I totally agree with the statement. Its a very balanced language in all important parameters: a high level of programming abstraction is possible, the LSP language server is responsive, the dune build system is great, compile times are really miniscule and run-time performance is great for a garbage collected language.
Do you still feel that way with Scala 3? From what I understood, the work on the DOT calculus helped reduce and simplify the core of the language.
But it to me seemed packaged like many languages in the days of yore, when a language shipped simply as a compiler, and nothing more. The way of the world today to me seems to be a compiler, together with a complete standard library and consistent packaging system.
My experience with OCaml was thwarted repeatedly by a byzantine exploration process of packages depending on other packages, which required other packaging systems. Once I reached that point where it felt like I was spending more time figuring out the complex ecosystem, rather than writing code, I rapidly lost interest.
And perhaps such a point comes in exploring any new language. But it came much too early for me in OCaml. I had so much more I wanted to learn, but couldn't. I am hopeful for the new release. Thank you for your efforts, OCaml team.
I didn't have the experience you described (not yet anyway!).
"Never have I took so long, to write so little code, that does so much"
OCaml can be a big learning curve, but I urge you to push through. The syntax might not be everyone's cup of team, but you get used to it quickly.
There's too little of it! OCaml seems to take a "you don't need syntax except when you need syntax" approach, which I found very destabilizing. One of the major online OCaml tutorials said something like "If it doesn't work the way you expect, try adding parentheses", and I thought "Oh hell no. In a Lisp I know exactly how many parentheses I need: all of them". I prefer not having to think about it, and letting the parentheses become invisible to me.

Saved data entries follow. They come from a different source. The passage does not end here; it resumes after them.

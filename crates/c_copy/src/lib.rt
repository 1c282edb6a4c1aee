//! Copies of trees: each has the shape of what is copied.
#![tactic(auto)]

pub mod build;
pub mod labels;
pub mod parts;
pub mod tree;
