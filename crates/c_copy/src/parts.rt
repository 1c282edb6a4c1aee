//! Copies of names, notes and probe marks, and what lists and boxes want.

ghost use Rattle.std.specs.Prelude.{◌≡◌, ◌++◌, [], ◌∷◌, IfOk, OnOk};
ghost use Rattle.c_syntax.specs.View.{note_shape};

use c_base::place::NoMemory;
use c_syntax::tree::{Named, Note, ProbeMark, ProgramLine, Star};
use c_type_rules::kinds::copy;
use std::alloc::Global;

/// A value in a box.
pub fn boxed<T: Drop>(alloc: Global, value: T) -> Result<Box<T>, NoMemory>
    ensures { IfOk result (λ b. b.value ≡ value) }
{
    match Box::new(alloc, value) {
        Ok(b) => Ok(b),
        Err(_) => Err(NoMemory),
    }
}

/// Appends to a list.
pub fn put<T: Drop>(list: &mut Vec<T>, item: T) -> Result<(), NoMemory>
    ensures { OnOk result (list.new.items ≡ list.old.items ++ item ∷ []) }
{
    match list.push(item) {
        Ok(()) => Ok(()),
        Err(_) => Err(NoMemory),
    }
}

/// Appends what stands in a box to a list.
pub fn put_inner<T: Drop>(list: &mut Vec<T>, item: Box<T>) -> Result<(), NoMemory>
    ensures { OnOk result (list.new.items ≡ list.old.items ++ item.value ∷ []) }
{
    put(list, Box::into_inner(item))
}

/// A copy of what is known of an expression.
pub fn copy_note(alloc: Global, note: &Note) -> Result<Note, NoMemory>
    ensures { IfOk result (λ n. note_shape n ≡ note_shape note.now) }
{
    match note {
        Note::Bare => Ok(Note::Bare),
        Note::Typed(kind, number) => Ok(Note::Typed(copy(kind, alloc)?, *number)),
        Note::Known(kind, value) => Ok(Note::Known(copy(kind, alloc)?, *value)),
    }
}

/// The same stars.
pub fn copy_stars(alloc: Global, stars: &[Star]) -> Result<Vec<Star>, NoMemory>
    ensures { IfOk result (λ copies. copies.items ≡ stars.now) }
{
    let mut copies = Vec::new(alloc);
    for star in stars {
        put(
            &mut copies,
            Star {
                pos: star.pos,
                consts: star.consts,
            },
        )?;
    }
    Ok(copies)
}

/// The same probe mark.
pub fn copy_mark(alloc: Global, mark: &ProbeMark) -> Result<ProbeMark, NoMemory>
    ensures { IfOk result (λ copied. copied ≡ mark.now) }
{
    let number = mark.number.copy(alloc)?;
    Ok(ProbeMark {
        pos: mark.pos,
        number,
    })
}

/// The same probe marks.
pub fn copy_marks(alloc: Global, marks: &[ProbeMark]) -> Result<Vec<ProbeMark>, NoMemory>
    ensures { IfOk result (λ copies. copies.items ≡ marks.now) }
{
    let mut copies = Vec::new(alloc);
    for mark in marks {
        let copied = copy_mark(alloc, mark)?;
        put(&mut copies, copied)?;
    }
    Ok(copies)
}

fn copy_maybe_mark(alloc: Global, mark: &Option<ProbeMark>) -> Result<Option<ProbeMark>, NoMemory>
    ensures { IfOk result (λ copied. copied ≡ mark.now) }
{
    match mark {
        None => Ok(None),
        Some(mark) => Ok(Some(copy_mark(alloc, mark)?)),
    }
}

/// The same name.
pub fn copy_named(alloc: Global, name: &Named) -> Result<Named, NoMemory>
    ensures { IfOk result (λ copied. copied ≡ name.now) }
{
    let text = name.text.copy(alloc)?;
    let probe = copy_maybe_mark(alloc, &name.probe)?;
    Ok(Named {
        pos: name.pos,
        text,
        probe,
    })
}

/// The same name, if there is one.
pub fn copy_maybe_named(alloc: Global, name: &Option<Named>) -> Result<Option<Named>, NoMemory>
    ensures { IfOk result (λ copied. copied ≡ name.now) }
{
    match name {
        None => Ok(None),
        Some(name) => Ok(Some(copy_named(alloc, name)?)),
    }
}

/// The same first line.
pub fn copy_line(alloc: Global, line: &Option<ProgramLine>) -> Result<Option<ProgramLine>, NoMemory>
    ensures { IfOk result (λ copied. copied ≡ line.now) }
{
    match line {
        None => Ok(None),
        Some(line) => {
            let digest = line.digest.copy(alloc)?;
            Ok(Some(ProgramLine {
                pos: line.pos,
                digest,
            }))
        }
    }
}
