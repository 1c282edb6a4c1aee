//! Expressions with their probes.

ghost use Rattle.std.specs.Prelude.{◌≡◌, IfOk};
ghost use Rattle.c_syntax.specs.Shape.{call};
ghost use Rattle.c_syntax.specs.View.{node_shape, expr_shape, node_list};
ghost use Rattle.c_walk.specs.declared.around.Taken.TheVariants.{Read};
ghost use Rattle.c_walk.specs.Walking.{walk_node, walk_form, walk_test, walk_arm, walk_nodes, walk_loop_test};
ghost use Rattle.probe_rules.specs.ProbedExpressions.{probed_node, probed_form, probed_test, probed_arm, probed_nodes, probed_loop_test};
ghost use Rattle.probe_expr.specs.Numbers.{Numbered};

use crate::marks::{in_block, in_test, sited};
use crate::numbers::Numbers;
use c_base::place::NoMemory;
use c_copy::build::new_call;
use c_copy::parts::put_inner;
use c_copy::tree::{copy_node, copy_probe, copy_type};
use c_syntax::text::Text;
use c_syntax::tree::{Expr, Node};
use c_walk::around::Taken;
use c_walk::taken::{left_taken, operand_taken, right_taken};
use c_walk::tests::is_logical;
use std::alloc::Global;

/// Makes trees with their probes: what makes memory, and what is numbered so far.
#[derive(Drop)]
pub struct Prober {
    pub alloc: Global,
    pub numbers: Numbers,
}

impl Prober {
    /// An expression with its probes, of whose value that is done.
    #[cycle(probed)]
    pub fn node(&mut self, taken: Taken, node: &Node) -> Result<Box<Node>, NoMemory>
        ensures { IfOk result (λ n. Numbered self.old.numbers self.new.numbers (node_shape n.value) (λ c w. probed_node c taken (node_shape node.now) w) (λ c w. walk_node c taken (node_shape node.now) w)) }
    {
        let here = self.numbers;
        self.numbers.site(taken, node)?;
        let form = self.form(taken, &node.form)?;
        let made = sited(self.alloc, here, taken, node, form)?;
        Ok(made)
    }

    /// One whose value is read.
    #[cycle(probed)]
    pub fn read(&mut self, node: &Node) -> Result<Box<Node>, NoMemory>
        ensures { IfOk result (λ n. Numbered self.old.numbers self.new.numbers (node_shape n.value) (λ c w. probed_node c Read (node_shape node.now) w) (λ c w. walk_node c Read (node_shape node.now) w)) }
    {
        self.node(Taken::Read, node)
    }

    #[cycle(probed)]
    fn form(&mut self, taken: Taken, form: &Expr) -> Result<Expr, NoMemory>
        ensures { IfOk result (λ f. Numbered self.old.numbers self.new.numbers (expr_shape f) (λ c w. probed_form c taken (expr_shape form.now) w) (λ c w. walk_form c taken (expr_shape form.now) w)) }
    {
        match form {
            Expr::Number(text) => Ok(Expr::Number(text.copy(self.alloc)?)),
            Expr::Char(byte) => Ok(Expr::Char(*byte)),
            Expr::Str(text) => Ok(Expr::Str(text.copy(self.alloc)?)),
            Expr::Name(text) => Ok(Expr::Name(text.copy(self.alloc)?)),
            Expr::Paren(a) => Ok(Expr::Paren(self.node(taken, a)?)),
            Expr::Index(a, b) => Ok(Expr::Index(self.read(a)?, self.read(b)?)),
            Expr::Member(a, name, at) => {
                Ok(Expr::Member(self.read(a)?, name.copy(self.alloc)?, *at))
            }
            Expr::Arrow(a, name, at) => Ok(Expr::Arrow(self.read(a)?, name.copy(self.alloc)?, *at)),
            Expr::Call(name, args) => Ok(self.call(name, args)?),
            Expr::Unary(op, a) => Ok(Expr::Unary(*op, self.node(operand_taken(*op), a)?)),
            Expr::Step(op, a) => Ok(Expr::Step(*op, self.node(Taken::Changed, a)?)),
            Expr::SizeOf(a) => Ok(Expr::SizeOf(copy_node(self.alloc, a)?)),
            Expr::SizeOfType(name) => Ok(Expr::SizeOfType(copy_type(self.alloc, name)?)),
            Expr::Cast(name, a) => Ok(Expr::Cast(copy_type(self.alloc, name)?, self.read(a)?)),
            Expr::Binary(op, a, b) => Ok(Expr::Binary(*op, self.read(a)?, self.read(b)?)),
            Expr::And(a, b) => Ok(Expr::And(self.test(a)?, self.loop_test(b)?)),
            Expr::Or(a, b) => Ok(Expr::Or(self.test(a)?, self.loop_test(b)?)),
            Expr::Cond(a, b, c) => Ok(Expr::Cond(self.test(a)?, self.arm(b)?, self.arm(c)?)),
            Expr::Assign(op, a, b) => Ok(Expr::Assign(
                *op,
                self.node(left_taken(*op), a)?,
                self.node(right_taken(*op, a), b)?,
            )),
            Expr::Comma(a, b) => Ok(Expr::Comma(self.read(a)?, self.read(b)?)),
            // what stands in a probe stays as it is, and is counted
            Expr::Probe(probe, a) => {
                self.node(taken, a)?;
                Ok(Expr::Probe(copy_probe(self.alloc, probe)?, copy_node(self.alloc, a)?))
            }
        }
    }

    /// An expression at a test position.
    #[cycle(probed)]
    pub fn test(&mut self, node: &Node) -> Result<Box<Node>, NoMemory>
        ensures { IfOk result (λ n. Numbered self.old.numbers self.new.numbers (node_shape n.value) (λ c w. probed_test c (node_shape node.now) w) (λ c w. walk_test c (node_shape node.now) w)) }
    {
        let here = self.numbers;
        self.numbers.test(node)?;
        let inner = self.read(node)?;
        let made = in_test(self.alloc, here, is_logical(node), inner)?;
        Ok(made)
    }

    /// An expression that is a block.
    #[cycle(probed)]
    pub fn arm(&mut self, node: &Node) -> Result<Box<Node>, NoMemory>
        ensures { IfOk result (λ n. Numbered self.old.numbers self.new.numbers (node_shape n.value) (λ c w. probed_arm c (node_shape node.now) w) (λ c w. walk_arm c (node_shape node.now) w)) }
    {
        let here = self.numbers;
        self.numbers.block()?;
        let inner = self.read(node)?;
        let made = in_block(self.alloc, here, inner)?;
        Ok(made)
    }

    /// A block at a test position, as the test of a loop.
    #[cycle(probed)]
    pub fn loop_test(&mut self, node: &Node) -> Result<Box<Node>, NoMemory>
        ensures { IfOk result (λ n. Numbered self.old.numbers self.new.numbers (node_shape n.value) (λ c w. probed_loop_test c (node_shape node.now) w) (λ c w. walk_loop_test c (node_shape node.now) w)) }
    {
        let here = self.numbers;
        self.numbers.block()?;
        let inner = self.test(node)?;
        let made = in_block(self.alloc, here, inner)?;
        Ok(made)
    }

    #[cycle(probed)]
    fn call(&mut self, name: &Text, args: &[Node]) -> Result<Expr, NoMemory>
        ensures { IfOk result (λ f. Numbered self.old.numbers self.new.numbers (expr_shape f) (λ c w. call name.now (probed_nodes c (node_list args.now) w)) (λ c w. walk_nodes c (node_list args.now) w)) }
    {
        let name = name.copy(self.alloc)?;
        let args = self.nodes(args)?;
        Ok(new_call(name, args))
    }

    #[cycle(probed)]
    fn nodes(&mut self, nodes: &[Node]) -> Result<Vec<Node>, NoMemory>
        ensures { IfOk result (λ v. Numbered self.old.numbers self.new.numbers (node_list v.items) (λ c w. probed_nodes c (node_list nodes.now) w) (λ c w. walk_nodes c (node_list nodes.now) w)) }
    {
        let mut made = Vec::new(self.alloc);
        for node in nodes {
            let inner = self.read(node)?;
            put_inner(&mut made, inner)?;
        }
        Ok(made)
    }
}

But otherwise I have a deep and irrational fondness for the language, and still wish I'd been able to make it stick.
That sounds like what I did with C++ with * and & when I didn't understood them. Do you think it's a lack of exprience/comprehension on your part, or that some parts of the syntax are fundamentally flawed?
Just to call out expectation-setting here in the comments: yes, the MVP of multicore will ship in OCaml 5.0, but OCaml 5.0 will ship no sooner than March 2022 (and very likely some point later, based on how challenging it appears to be to integrate the large-scale changes for multicore).
Python let's me start programming quickly. ML let's me finish quickly.